Types of Users
Most users of Bitcoin and Ethereum are of one of the two types: the commercial user and the speculative user.
The commercial user uses bitcoin to purchase stuff from either physical or online store. Similarly, the commercial user of Ethereum uses Ether for staking against contracts such as the issuance of initial coins. Other applications could include supply chain payments, betting contracts and prediction markets.
The speculative user holds onto the crypto-currency in the hope that its value would continue to rise. The commercial user pays a small fee each time he spends Bitcoin/Ether. This fees could be as low as 0.0001 BTC (the median transaction fees is about 18 cents). You can look at how to calculate and choose your transaction fee here.
Supply and Demand
Bitcoin and Ethere, unlike any other form of asset e.g. Gold or diamonds or cash, is limited in supply. The table here provides the schedule for production of Bitcoin. New Ethereum issuance would stop when Proof-of-stake is enabled by the nodes.
The total number of Bitcoins produced reduces exponentially, as time passes, and by about 2041, almost all new Bitcoin production would stop. New Bitcoins are produced as a consequence of mining. Each miner, who creates a new block after validating a set of transactions is rewarded in Bitcoin by the network. Over time (approximately 2-4 years time), these rewards halve.

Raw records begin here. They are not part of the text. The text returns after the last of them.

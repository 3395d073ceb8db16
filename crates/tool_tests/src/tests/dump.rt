//! The dump of all entries.

ghost use Rattle.disk_model.specs.MemDisk.{state_in};
ghost use Rattle.disk_theory.specs.Sound.{IsQuiet};

use super::*;
use std::test::Fail;

pub(super) const DUMP: &str = "1001 dump";

pub(super) const DUMP_HEAD: &[u8] = b"C2DUMP01";

pub(super) const EMPTY: &[u8] = b"C2DUMP01\0";

// The dump of the entry that `1000 put :x` makes of `hello`.
pub(super) const OTHER: &[u8] = b"C2DUMP01\x01\0\0\0\x02:x\0\0\0\x05hello\0\0\0\x29\
    \xdd\xc2\xd3\x62\x39\x9e\
    \0\0\0\x03\0\0\0\x01\0\0\x03\xe8\0\0\x03\xe8\0\0\x03\xe8\xff\xff\xff\xff\0\0\0\x02\0\0\0\0\
    :x\0\0";

const PUT_OTHER: Row<'static> = ("1000 put :x", b"hello", Status::Done, b"ok\n");

const OF_NOTHING: [Row<'static>; 3] = [
    ("1000 dump", b"", Status::Done, EMPTY),
    ("1000 dump", b"unread", Status::Done, EMPTY),
    ("1000 list", b"", Status::Done, b"records 0\n"),
];

#[test]
fn the_dump_of_nothing_has_nine_bytes(rt: HostRuntime) -> Result<(), Fail> {
    assert!(rt; EMPTY.len() == 9 && DUMPED.len() == 108);
    assert!(rt; rows_turn(rt.alloc(), KEY, None, &OF_NOTHING, None)?);
    Ok(())
}

const OF_ONE: [Row<'static>; 4] = [
    (DUMP, b"", Status::Done, DUMPED),
    ("1001 verify", b"", Status::Done, b"findings 0\n"),
    (GET, b"", Status::Done, FOUND),
    (DUMP, b"", Status::Done, DUMPED),
];

// A file of each version is dumped as one of the third, and stays as it is.
#[test]
fn old_files_are_dumped_as_new_ones(rt: HostRuntime) -> Result<(), Fail> {
    for file in [FILE, FIRST, SECOND] {
        assert!(rt; rows_turn(rt.alloc(), KEY, Some(file), &OF_ONE, Some(file))?);
    }
    Ok(())
}

// Three entries: one that is pinned and has an element, and one of an origin, whose name begins with BC. Those of the
// others begin with A4 and B9.
const THREE: Row<'static> = (
    "1000 run",
    b"create 0 O^a,:c\nappend 0 5\nthird\nclose 0\ncreate 0 :b\nappend 0 6\nsecond\nclose 0\n\
    create 0 :a\nset 0 1 n\nv\npin 0\nclose 0\n",
    Status::Done,
    b"ok\nok\nok\nok\nok\nok\nok\nok\nok\nok\n",
);

pub(super) const OF_THREE: &[u8] = b"C2DUMP01\
    \x01\0\0\0\x02:a\0\0\0\0\0\0\0\x2b\xf2\x21\xa5\x74\
    \0\0\0\x03\0\0\0\x01\0\0\x03\xe8\0\0\x03\xe8\0\0\x03\xe8\xff\xff\xff\xff\0\0\0\x02\0\0\0\x01:a\0n\0v\0\
    \x01\0\0\0\x02:b\0\0\0\x06second\0\0\0\x29\xf1\x2f\xa2\xc2\x41\xa0\
    \0\0\0\x03\0\0\0\x01\0\0\x03\xe8\0\0\x03\xe8\0\0\x03\xe8\xff\xff\xff\xff\0\0\0\x02\0\0\0\0:b\0\
    \x01\0\0\0\x06O^a,:c\0\0\0\x05third\0\0\0\x2d\xd5\x84\xc2\xb1\xe2\x46\
    \0\0\0\x03\0\0\0\x01\0\0\x03\xe8\0\0\x03\xe8\0\0\x03\xe8\xff\xff\xff\xff\0\0\0\x06\0\0\0\0O^a,:c\0\0";

// What a `list` prints of them: the pin is bit 26 of the flags.
pub(super) const THREE_RECORDS: &[u8] = b"records 3\n\
    A4839EDBF020B8C1AC398FA119979FC5384F52D4 1000 DA39A3EE5E6B4B0D 65535 65535 0 84000001\n\
    B93CCEFA28585E0321E57BD439D521347671FFF9 1000 DA39A3EE5E6B4B0D 65535 65535 0 80000001\n\
    BC2C5695945A6CED9C96DFCEBB21BA33684991DD 1000 F87FB192D2661A8C 65535 65535 0 80000001\n";

const BY_NAME: [Row<'static>; 4] = [
    THREE,
    (DUMP, b"", Status::Done, OF_THREE),
    ("1001 list", b"", Status::Done, THREE_RECORDS),
    (DUMP, b"", Status::Done, OF_THREE),
];

// Items come by the names of their entries, each with its header and its elements.
#[test]
fn entries_are_dumped_by_name(rt: HostRuntime) -> Result<(), Fail> {
    assert!(rt; rows_turn(rt.alloc(), KEY, None, &BY_NAME, None)?);
    Ok(())
}

// The file of `hello` under the key of a colon, `x`, a newline and `y`: it fits, and may not be written.
const WITH_NEWLINE: &[u8] = b"hello\xf1\x64\xf3\x76\x39\x9e\
    \0\0\0\x03\0\0\0\x01\0\0\x03\xe8\0\0\x03\xe8\0\0\x03\xe8\xff\xff\xff\xff\0\0\0\x04\0\0\0\0\
    :x\ny\0\0\0\0\x05";

// Keys, and files at their places that are left out: a damaged body, the file of another key, one that was cut,
// an unfinished one, one without bytes, and one whose key may not be written.
const LEFT_OUT: [(&str, &[u8]); 6] = [
    (KEY, DAMAGED),
    (":other", FILE),
    (KEY, b"hello\x06\xab\x5e\x9a\x39\x9e"),
    (KEY, b"hello\xff\xff\xff\xff"),
    (KEY, b""),
    (":x\ny", WITH_NEWLINE),
];

const OF_OTHER: [Row<'static>; 2] = [PUT_OTHER, (DUMP, b"", Status::Done, OTHER)];

// What is left out stays as it is, and what stands beside it is dumped.
#[test]
fn what_is_not_whole_is_left_out(rt: HostRuntime) -> Result<(), Fail> {
    for index in 0..LEFT_OUT.len() {
        let (key, file) = LEFT_OUT[index];
        let so = rows_turn(rt.alloc(), key, Some(file), &OF_OTHER, Some(file))?;
        assert!(rt; so, "row {index}");
    }
    Ok(())
}

// What stands around the body of a chunk of `a` and a `b`.
const BEFORE_TWO_CHUNKS: &[u8] = b"C2DUMP01\x01\0\0\0\x15:https://example.com/\0\x04\0\x01";

const AFTER_TWO_CHUNKS: &[u8] = b"b\0\0\0\x3e\x21\x08\xef\x7b\x0d\x4b\xa5\x97\
    \0\0\0\x03\0\0\0\x01\0\0\x03\xe8\0\0\x03\xe8\0\0\x03\xe8\xff\xff\xff\xff\0\0\0\x15\0\0\0\0\
    :https://example.com/\0\0";

pub(super) fn dump_of_two_chunks(alloc: Global) -> Result<Bytes, Fail> {
    repeated(alloc, BEFORE_TWO_CHUNKS, b'a', 262_144, AFTER_TWO_CHUNKS)
}

#[test]
fn each_chunk_of_a_body_is_dumped(rt: HostRuntime) -> Result<(), Fail> {
    let file = file_of_two_chunks(rt.alloc())?;
    let dump = dump_of_two_chunks(rt.alloc())?;
    let mut disk = disk_with(rt.alloc(), KEY, file.as_slice())?;
    assert!(rt;
        comes_so(
            rt.alloc(),
            &mut disk,
            &(DUMP, b"", Status::Done, dump.as_slice())
        )?
    );
    assert!(rt; holds(&disk, KEY, Some(file.as_slice())));
    Ok(())
}

// How a dump ends where the sink's call of this number fails, and what it has printed.
fn cut_at(alloc: Global, file: &[u8], number: u32) -> Result<(Status, Bytes), Fail> {
    let mut disk = disk_with(alloc, KEY, file)?;
    let ended = ends_cut(alloc, &mut disk, DUMP, b"", number)?;
    if holds(&disk, KEY, Some(file)) {
        Ok(ended)
    } else {
        Err(Fail::from("the entry was changed"))
    }
}

// Whether this is a part of a dump that a reader sees to be cut.
fn is_cut(dump: &[u8], text: &[u8]) -> bool {
    dump.starts_with(text) && text.len() < dump.len()
}

// The head goes out by itself. Wherever the sink fails, the dump is cut.
#[test]
fn a_failing_sink_cuts_the_dump(rt: HostRuntime) -> Result<(), Fail> {
    let file = file_of_two_chunks(rt.alloc())?;
    let dump = dump_of_two_chunks(rt.alloc())?;
    let mut cuts = 0usize;
    for number in 1..20u32 {
        let (status, text) = cut_at(rt.alloc(), file.as_slice(), number)?;
        if status == Status::Done {
            assert!(rt; text.as_slice() == dump.as_slice());
            break;
        }
        assert!(rt;
            status == Status::Sink && is_cut(dump.as_slice(), text.as_slice()),
            "at {number}"
        );
        assert!(rt; number != 1 || text.as_slice().is_empty());
        assert!(rt; number != 2 || text.as_slice() == DUMP_HEAD);
        cuts = cuts.wrapping_add(1);
    }
    assert!(rt; cuts > 2 && cuts < 19, "{cuts}");
    Ok(())
}

// How a run ends whose call of the disk fails: with nothing printed, with the line `fault` and the closing after it,
// with a dump that is cut, or with a whole one, which is out before the closing. Or no call of this number is made.
#[derive(Clone, Copy, PartialEq, Eq)]
enum Ending {
    Silent,
    Told,
    Cut,
    Whole,
    Unmet,
}

fn ending_of(dump: &[u8], status: Status, text: &[u8], is_last: bool) -> Option<Ending> {
    match status {
        Status::Done if text == dump => Some(Ending::Unmet),
        Status::Disk if text == b"fault\n".as_slice() && !is_last => Some(Ending::Told),
        Status::Disk if !is_last => None,
        Status::Disk if text.is_empty() => Some(Ending::Silent),
        Status::Disk if text == dump => Some(Ending::Whole),
        Status::Disk if text.starts_with(DUMP_HEAD) && is_cut(dump, text) => Some(Ending::Cut),
        _ => None,
    }
}

// A disk with a file of two chunks, a damaged one and one that does not fit, and no index.
fn three_files(alloc: Global, file: &[u8]) -> Result<MemDisk, Fail> {
    let mut disk = MemDisk::new(alloc);
    put_three(alloc, &mut disk, file)?;
    Ok(disk)
}

fn put_three(alloc: Global, disk: &mut MemDisk, file: &[u8]) -> Result<(), NoMemory>
    requires { IsQuiet (state_in disk.old) }
{
    put_file(alloc, disk, place_of(KEY), file)?;
    put_file(alloc, disk, place_of(":other"), FILE)?;
    put_file(alloc, disk, place_of(":none"), b"")
}

// How the run ends whose call of this number fails alone. The next one prints the whole dump.
fn ending_at(alloc: Global, file: &[u8], dump: &[u8], number: u32) -> Result<Option<Ending>, Fail> {
    let mut disk = three_files(alloc, file)?;
    disk.fail_at(one_number(alloc, number)?);
    let (status, text) = ends(alloc, &mut disk, DUMP, b"")?;
    let is_last = disk.calls() == u64::from(number);
    let ending = ending_of(dump, status, text.as_slice(), is_last);
    let goes_on = ending == Some(Ending::Unmet)
        || comes_so(alloc, &mut disk, &(DUMP, b"", Status::Done, dump))?;
    if goes_on && holds(&disk, KEY, Some(file)) {
        Ok(ending)
    } else {
        Ok(None)
    }
}

// How many endings of each kind there are, one after the other in this order.
fn endings(alloc: Global, file: &[u8], dump: &[u8]) -> Result<[u32; 4], Fail> {
    let mut counts = [0u32; 4];
    let mut kind = 0usize;
    for number in 1..100u32 {
        let due = match ending_at(alloc, file, dump, number)? {
            Some(Ending::Silent) => 0usize,
            Some(Ending::Told) => 1,
            Some(Ending::Cut) => 2,
            Some(Ending::Whole) => 3,
            Some(Ending::Unmet) => return Ok(counts),
            None => return Err(Fail::from("another ending")),
        };
        if due < kind {
            return Err(Fail::from("another order"));
        }
        kind = due;
        if let Some(count) = counts.get_mut(due) {
            *count = count.wrapping_add(1);
        }
    }
    Err(Fail::from("no end"))
}

// Before the command no line is printed. Then come the looks of the update and the one at the folder, which are told;
// and then those at each entry, which cut the dump.
#[test]
fn each_failing_call_ends_the_dump(rt: HostRuntime) -> Result<(), Fail> {
    let file = file_of_two_chunks(rt.alloc())?;
    let dump = dump_of_two_chunks(rt.alloc())?;
    let [silent, told, cut, whole] = endings(rt.alloc(), file.as_slice(), dump.as_slice())?;
    assert!(rt; silent == OPENING, "{silent} are silent");
    assert!(rt;
        told > 3 && cut > 5 && whole > 3,
        "{told} are told, {cut} cut, {whole} whole"
    );
    Ok(())
}

const MALFORMED: [Row<'static>; 6] = [
    ("1001 dump x", b"", Status::Words, b""),
    ("1001 dump ", b"", Status::Words, b""),
    ("1001 Dump", b"", Status::Words, b""),
    ("x dump", b"", Status::Words, b""),
    ("dump", b"", Status::Words, b""),
    (
        "1001 run",
        b"state\ndump\n",
        Status::Script,
        b"ready\nscript 2\n",
    ),
];

// It is no command of a script.
#[test]
fn a_dump_is_a_verb_alone(rt: HostRuntime) -> Result<(), Fail> {
    assert!(rt; rows_turn(rt.alloc(), KEY, None, &MALFORMED, None)?);
    Ok(())
}

// The mark of no origin.
const MARK: &[u8] = b"\xda\x39\xa3\xee\x5e\x6b\x4b\x0d\xed\xdc\xe9\x58";

fn resumes(alloc: Global, disk: &mut MemDisk) -> Result<bool, Fail>
    requires { IsQuiet (state_in disk.old) }
{
    put_file(alloc, disk, place_of(KEY), FILE)?;
    put_file(alloc, disk, Place::Clear, MARK)?;
    let so = comes_so(alloc, disk, &(DUMP, b"", Status::Done, EMPTY))?;
    Ok(so && holds(disk, KEY, None) && disk.file(&Place::Clear).is_none())
}

// What a clearing has left goes first.
#[test]
fn a_dump_comes_after_a_clearing(rt: HostRuntime) -> Result<(), Fail> {
    let mut disk = MemDisk::new(rt.alloc());
    assert!(rt; resumes(rt.alloc(), &mut disk)?);
    Ok(())
}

As the number of merchants such as Microsoft X box store or Overstock starts accepting Bitcoin, the number of commercial users for Bitcoin would increase. Imagine remitting money or purchasing a digital good from a non-local store without needing to pay a 30$ transaction fee to the bank. Here is a list of US merchances accpeting Bitcoins. Simultaneously, as awareness about Bitcoins and Ether increases, the number of buyers purchasing these for speculation increases.
Economics works until regulation
Given these facts i.e.
- A limited supply of bitcoin and Ether.
- Increasing commercial usage (by means of increasing number of global merchants accepting BTC and using Ether).
- Increasing number of speculative users ( by means of real time trading and buy-and-hodl investing for BTC and Ether).
It is almost a no-brainer to see why conversion rates (for BTC-Ether) are increasing. We’re not accounting for the lost BTC/Ether per year.
However, these laws of economics hold only until some external event (what economists call shock) happens. For example, a regulatory authority decides that it is too risky for its citizens to bypass financial controls and engage with a global market. The regulator could then entirely ban BTC/Ether and make it illegal to hold/trade in the same within the country. This is what we saw during the past week in China. Venezuela another country that saw massive deflation of their local currency banned bitcoin earlier.
But most global markets that want to encourage a free flow of capital to their economy would not ban any asset, in the name of protecting it’s citizens from speculation. (For example, would any country prevent its citizens from collecting art, or vintage cars or any other antiquity in limited supply.)